Start to finish, repeat the records exactly.

Collected data entries
+++

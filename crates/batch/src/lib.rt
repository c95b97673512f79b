// Runs a list of calls that stands in lent words, and writes the answers to lent words.
#![tactic(auto)]

ghost use Rattle.std.specs.Prelude.{◌≡◌, ◌+◌, ◌*◌, ◌≤◌, length};
ghost use Rattle.answers.specs.Outcome.{answer_outcome};
ghost use Rattle.batch.specs.Program.{call_numbered};
ghost use Rattle.batch.specs.Run.{written, run_of};
ghost use Rattle.batch.specs.Steps.{entry_at};

use answers::{Answer, Refusal};
use calls::Call;

// Why a run ended before the end of the list, and how many calls ran.
#[derive(Clone, Copy)]
pub enum Stopped {
    // At an entry that is no call: an unknown code, or fewer than five words.
    Malformed(usize),
    // At a call for whose answer there is no room.
    NoRoom(usize),
}

// The words of an entry of the list, a code and its arguments.
const ENTRY: usize = 5;

// The call of a code and its arguments.
fn call_numbered(code: u32, x: u32, y: u32, z: u32, u: u32) -> Option<Call>
    ensures { result ≡ call_numbered code x y z u }
{
    match code {
        0 => Some(Call::Copy { r: x, a: y }),
        1 => Some(Call::Clear { r: x }),
        2 => Some(Call::New {
            r: x,
            a: y,
            b: z,
            v: u,
        }),
        3 => Some(Call::Left { r: x, a: y }),
        4 => Some(Call::Right { r: x, a: y }),
        5 => Some(Call::SetLeft { a: x, b: y }),
        6 => Some(Call::SetRight { a: x, b: y }),
        7 => Some(Call::SetValue { a: x, v: y }),
        8 => Some(Call::Value { a: x }),
        9 => Some(Call::Same { a: x, b: y }),
        10 => Some(Call::Collect),
        11 => Some(Call::Point {
            r: x,
            v: y,
            x: z,
            y: u,
        }),
        12 => Some(Call::East { a: x }),
        13 => Some(Call::North { a: x }),
        _ => None,
    }
}

// The entry that begins at a word of the list.
fn entry(list: &[u32], at: usize) -> Option<Call>
    requires { at ≤ length list.now }
    ensures { result ≡ entry_at list.now at }
{
    if list.len() - at < ENTRY {
        return None;
    }
    call_numbered(
        list[at],
        list[at + 1],
        list[at + 2],
        list[at + 3],
        list[at + 4],
    )
}

// Writes the answer of the call at place k.
fn write_answer(answers: &mut [u32], k: usize, answer: Result<Answer, Refusal>)
    requires { 3 * k + 3 ≤ length answers.old }
    ensures { answers.new ≡ written answers.old k (answer_outcome answer) }
{
    answers[3 * k] = answers::status(answer);
    answers[3 * k + 1] = answers::first(answer);
    answers[3 * k + 2] = answers::second(answer);
}

// Runs the calls of the list, one after the other, and writes three words for each: 0 or the number of its refusal, then the numbers that it
// gives. It stops at an entry that is no call, and where three answer words are no longer left. Gives the number of calls.
pub fn run(words: &mut [u32], list: &[u32], answers: &mut [u32]) -> Result<usize, Stopped>
    ensures { (result, words.new, answers.new) ≡ run_of list.now words.old answers.old }
{
    let entries = list.len().div_ceil(ENTRY);
    for k in 0..entries {
        let Some(call) = entry(list, ENTRY * k) else {
            return Err(Stopped::Malformed(k));
        };
        if answers.len() < 3 * k + 3 {
            return Err(Stopped::NoRoom(k));
        }
        let step = steps::perform(words, call);
        write_answer(answers, k, step.answer);
    }
    Ok(entries)
}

+++

■ **YOUR RESPONSE**:
filename crates/batch/src/lib.rt
repository c95b97673512f79b
// Runs a list of calls that stands in lent words, and writes the answers to lent words.
#![tactic(auto)]

ghost use Rattle.std.specs.Prelude.{◌≡◌, ◌+◌, ◌*◌, ◌≤◌, length};
ghost use Rattle.answers.specs.Outcome.{answer_outcome};
ghost use Rattle.batch.specs.Program.{call_numbered};
ghost use Rattle.batch.specs.Run.{written, run_of};
ghost use Rattle.batch.specs.Steps.{entry_at};

use answers::{Answer, Refusal};
use calls::Call;

// Why a run ended before the end of the list, and how many calls ran.
#[derive(Clone, Copy)]
pub enum Stopped {
    // At an entry that is no call: an unknown code, or fewer than five words.
    Malformed(usize),
    // At a call for whose answer there is no room.
    NoRoom(usize),
}

// The words of an entry of the list, a code and its arguments.
const ENTRY: usize = 5;

// The call of a code and its arguments.
fn call_numbered(code: u32, x: u32, y: u32, z: u32, u: u32) -> Option<Call>
    ensures { result ≡ call_numbered code x y z u }
{
    match code {
        0 => Some(Call::Copy { r: x, a: y }),
        1 => Some(Call::Clear { r: x }),
        2 => Some(Call::New {
            r: x,
            a: y,
            b: z,
            v: u,
        }),
        3 => Some(Call::Left { r: x, a: y }),
        4 => Some(Call::Right { r: x, a: y }),
        5 => Some(Call::SetLeft { a: x, b: y }),
        6 => Some(Call::SetRight { a: x, b: y }),
        7 => Some(Call::SetValue { a: x, v: y }),
        8 => Some(Call::Value { a: x }),
        9 => Some(Call::Same { a: x, b: y }),
        10 => Some(Call::Collect),
        11 => Some(Call::Point {
            r: x,
            v: y,
            x: z,
            y: u,
        }),
        12 => Some(Call::East { a: x }),
        13 => Some(Call::North { a: x }),
        _ => None,
    }
}

// The entry that begins at a word of the list.
fn entry(list: &[u32], at: usize) -> Option<Call>
    requires { at ≤ length list.now }
    ensures { result ≡ entry_at list.now at }
{
    if list.len() - at < ENTRY {
        return None;
    }
    call_numbered(
        list[at],
        list[at + 1],
        list[at + 2],
        list[at + 3],
        list[at + 4],
    )
}

// Writes the answer of the call at place k.
fn write_answer(answers: &mut [u32], k: usize, answer: Result<Answer, Refusal>)
    requires { 3 * k + 3 ≤ length answers.old }
    ensures { answers.new ≡ written answers.old k (answer_outcome answer) }
{
    answers[3 * k] = answers::status(answer);
    answers[3 * k + 1] = answers::first(answer);
    answers[3 * k + 2] = answers::second(answer);
}

// Runs the calls of the list, one after the other, and writes three words for each: 0 or the number of its refusal, then the numbers that it
// gives. It stops at an entry that is no call, and where three answer words are no longer left. Gives the number of calls.
pub fn run(words: &mut [u32], list: &[u32], answers: &mut [u32]) -> Result<usize, Stopped>
    ensures { (result, words.new, answers.new) ≡ run_of list.now words.old answers.old }
{
    let entries = list.len().div_ceil(ENTRY);
    for k in 0..entries {
        let Some(call) = entry(list, ENTRY * k) else {
            return Err(Stopped::Malformed(k));
        };
        if answers.len() < 3 * k + 3 {
            return Err(Stopped::NoRoom(k));
        }
        let step = steps::perform(words, call);
        write_answer(answers, k, step.answer);
    }
    Ok(entries)
}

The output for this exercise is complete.